| INPUT DATA |

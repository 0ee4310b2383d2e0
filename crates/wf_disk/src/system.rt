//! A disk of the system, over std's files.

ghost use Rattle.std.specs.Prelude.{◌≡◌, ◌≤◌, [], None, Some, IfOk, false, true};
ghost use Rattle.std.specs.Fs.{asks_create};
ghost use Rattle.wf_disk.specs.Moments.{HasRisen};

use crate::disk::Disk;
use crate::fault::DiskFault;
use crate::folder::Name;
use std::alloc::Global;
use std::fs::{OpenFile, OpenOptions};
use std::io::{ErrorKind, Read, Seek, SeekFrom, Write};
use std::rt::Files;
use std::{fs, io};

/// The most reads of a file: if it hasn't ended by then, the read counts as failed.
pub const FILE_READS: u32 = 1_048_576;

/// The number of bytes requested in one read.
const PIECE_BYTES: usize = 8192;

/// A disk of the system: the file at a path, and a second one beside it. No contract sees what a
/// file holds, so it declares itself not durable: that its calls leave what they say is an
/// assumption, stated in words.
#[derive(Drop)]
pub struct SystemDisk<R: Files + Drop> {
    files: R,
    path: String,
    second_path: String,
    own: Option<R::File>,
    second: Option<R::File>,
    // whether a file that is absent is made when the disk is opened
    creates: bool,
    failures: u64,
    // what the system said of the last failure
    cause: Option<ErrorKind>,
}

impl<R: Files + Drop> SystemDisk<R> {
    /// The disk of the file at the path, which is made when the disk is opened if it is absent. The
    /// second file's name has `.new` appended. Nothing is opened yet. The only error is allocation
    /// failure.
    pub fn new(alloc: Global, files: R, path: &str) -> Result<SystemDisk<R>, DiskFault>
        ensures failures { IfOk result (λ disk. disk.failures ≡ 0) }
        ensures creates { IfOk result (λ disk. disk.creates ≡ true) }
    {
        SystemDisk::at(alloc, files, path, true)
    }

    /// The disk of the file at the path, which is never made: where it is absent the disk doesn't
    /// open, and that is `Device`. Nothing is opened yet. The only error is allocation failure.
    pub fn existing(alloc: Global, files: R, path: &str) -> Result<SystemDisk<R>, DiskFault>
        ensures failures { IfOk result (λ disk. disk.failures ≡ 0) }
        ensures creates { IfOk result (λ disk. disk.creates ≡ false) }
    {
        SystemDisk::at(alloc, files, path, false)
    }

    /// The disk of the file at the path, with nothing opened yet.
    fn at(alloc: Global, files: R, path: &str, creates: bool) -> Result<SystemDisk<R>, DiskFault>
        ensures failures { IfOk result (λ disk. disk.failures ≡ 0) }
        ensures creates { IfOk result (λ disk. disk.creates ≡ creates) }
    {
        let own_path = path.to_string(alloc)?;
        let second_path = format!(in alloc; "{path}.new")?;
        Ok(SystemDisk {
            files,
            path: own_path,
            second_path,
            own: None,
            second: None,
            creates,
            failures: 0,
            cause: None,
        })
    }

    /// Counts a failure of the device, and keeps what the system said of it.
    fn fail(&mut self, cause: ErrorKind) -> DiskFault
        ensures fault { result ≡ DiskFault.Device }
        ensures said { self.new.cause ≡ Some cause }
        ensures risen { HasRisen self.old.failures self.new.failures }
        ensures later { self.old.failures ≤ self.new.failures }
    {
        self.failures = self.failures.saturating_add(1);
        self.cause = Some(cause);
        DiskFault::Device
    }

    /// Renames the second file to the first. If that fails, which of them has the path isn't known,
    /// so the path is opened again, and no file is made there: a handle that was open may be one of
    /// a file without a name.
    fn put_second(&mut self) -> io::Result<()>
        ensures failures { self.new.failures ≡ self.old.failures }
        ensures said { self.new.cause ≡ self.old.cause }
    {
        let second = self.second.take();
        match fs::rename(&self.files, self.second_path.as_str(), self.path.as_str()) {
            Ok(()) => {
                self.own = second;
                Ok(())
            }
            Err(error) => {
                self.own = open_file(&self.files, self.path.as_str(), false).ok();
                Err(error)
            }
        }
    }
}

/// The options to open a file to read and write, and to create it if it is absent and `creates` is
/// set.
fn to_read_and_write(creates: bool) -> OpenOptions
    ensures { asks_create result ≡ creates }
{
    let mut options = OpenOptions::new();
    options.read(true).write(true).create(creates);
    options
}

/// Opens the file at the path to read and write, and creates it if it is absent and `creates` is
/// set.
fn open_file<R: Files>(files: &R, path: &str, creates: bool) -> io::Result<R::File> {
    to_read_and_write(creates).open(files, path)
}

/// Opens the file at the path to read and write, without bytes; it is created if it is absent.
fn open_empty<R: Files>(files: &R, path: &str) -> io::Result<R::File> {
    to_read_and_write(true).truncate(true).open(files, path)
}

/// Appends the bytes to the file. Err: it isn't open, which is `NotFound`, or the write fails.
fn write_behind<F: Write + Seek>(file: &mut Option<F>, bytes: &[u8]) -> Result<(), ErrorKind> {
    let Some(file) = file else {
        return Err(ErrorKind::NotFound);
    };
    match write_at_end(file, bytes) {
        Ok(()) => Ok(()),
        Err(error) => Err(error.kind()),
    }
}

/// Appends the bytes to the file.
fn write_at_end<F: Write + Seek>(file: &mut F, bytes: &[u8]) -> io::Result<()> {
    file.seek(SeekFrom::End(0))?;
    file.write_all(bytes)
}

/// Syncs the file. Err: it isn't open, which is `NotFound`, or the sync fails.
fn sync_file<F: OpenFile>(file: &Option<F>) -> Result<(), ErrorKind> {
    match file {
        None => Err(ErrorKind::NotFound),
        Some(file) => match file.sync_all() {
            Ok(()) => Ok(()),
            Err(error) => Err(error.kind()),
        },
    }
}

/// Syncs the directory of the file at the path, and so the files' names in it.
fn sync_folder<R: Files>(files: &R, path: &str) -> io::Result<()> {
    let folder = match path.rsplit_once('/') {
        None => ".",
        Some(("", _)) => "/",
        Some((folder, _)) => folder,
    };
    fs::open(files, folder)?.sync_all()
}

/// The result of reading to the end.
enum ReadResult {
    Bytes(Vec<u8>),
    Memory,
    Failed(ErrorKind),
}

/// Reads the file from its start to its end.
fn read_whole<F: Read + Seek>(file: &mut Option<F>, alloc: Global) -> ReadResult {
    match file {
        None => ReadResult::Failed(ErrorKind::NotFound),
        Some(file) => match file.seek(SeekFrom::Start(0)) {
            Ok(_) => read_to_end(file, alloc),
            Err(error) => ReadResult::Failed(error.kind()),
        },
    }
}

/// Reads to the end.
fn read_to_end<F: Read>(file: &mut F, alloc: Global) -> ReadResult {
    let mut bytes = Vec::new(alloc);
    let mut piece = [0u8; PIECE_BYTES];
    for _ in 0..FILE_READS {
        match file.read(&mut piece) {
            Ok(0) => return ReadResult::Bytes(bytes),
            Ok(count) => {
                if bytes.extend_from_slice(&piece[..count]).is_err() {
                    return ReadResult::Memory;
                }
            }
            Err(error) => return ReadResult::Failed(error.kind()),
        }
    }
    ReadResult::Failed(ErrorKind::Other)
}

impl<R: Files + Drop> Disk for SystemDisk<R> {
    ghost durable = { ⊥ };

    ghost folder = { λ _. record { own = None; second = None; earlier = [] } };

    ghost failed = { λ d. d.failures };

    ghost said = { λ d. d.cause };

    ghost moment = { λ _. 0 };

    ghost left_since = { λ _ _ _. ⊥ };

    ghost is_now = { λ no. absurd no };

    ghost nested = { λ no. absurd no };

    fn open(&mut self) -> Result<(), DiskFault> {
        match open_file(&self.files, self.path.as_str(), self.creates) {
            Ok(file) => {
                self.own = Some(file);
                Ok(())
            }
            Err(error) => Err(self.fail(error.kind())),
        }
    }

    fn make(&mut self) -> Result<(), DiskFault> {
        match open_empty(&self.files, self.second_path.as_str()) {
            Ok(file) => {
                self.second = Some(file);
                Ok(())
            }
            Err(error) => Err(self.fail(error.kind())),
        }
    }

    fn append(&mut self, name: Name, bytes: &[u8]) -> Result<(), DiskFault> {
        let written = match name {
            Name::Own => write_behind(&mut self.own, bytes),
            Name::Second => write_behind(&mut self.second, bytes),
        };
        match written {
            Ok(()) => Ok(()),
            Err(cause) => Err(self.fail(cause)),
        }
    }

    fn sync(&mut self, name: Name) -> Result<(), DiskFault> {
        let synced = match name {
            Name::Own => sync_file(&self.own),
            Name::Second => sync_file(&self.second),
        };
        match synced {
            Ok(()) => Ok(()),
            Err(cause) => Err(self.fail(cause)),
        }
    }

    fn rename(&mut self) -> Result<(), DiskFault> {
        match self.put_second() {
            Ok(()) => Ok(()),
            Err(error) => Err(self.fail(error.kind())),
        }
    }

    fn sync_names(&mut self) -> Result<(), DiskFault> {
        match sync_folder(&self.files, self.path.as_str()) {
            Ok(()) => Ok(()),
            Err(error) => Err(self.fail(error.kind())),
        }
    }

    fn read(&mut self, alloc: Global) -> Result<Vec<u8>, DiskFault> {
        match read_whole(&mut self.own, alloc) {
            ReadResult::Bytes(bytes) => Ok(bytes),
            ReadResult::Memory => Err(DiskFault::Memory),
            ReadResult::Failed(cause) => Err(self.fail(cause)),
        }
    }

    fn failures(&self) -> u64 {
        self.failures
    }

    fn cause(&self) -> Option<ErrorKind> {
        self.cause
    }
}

| WHAT IS REQUIRED |
Look for the string "return" in the records, and copy every line where it is found.

| SOLUTION |
        return Err(ErrorKind::NotFound);
            Ok(0) => return ReadResult::Bytes(bytes),
                    return ReadResult::Memory;
            Err(error) => return ReadResult::Failed(error.kind()),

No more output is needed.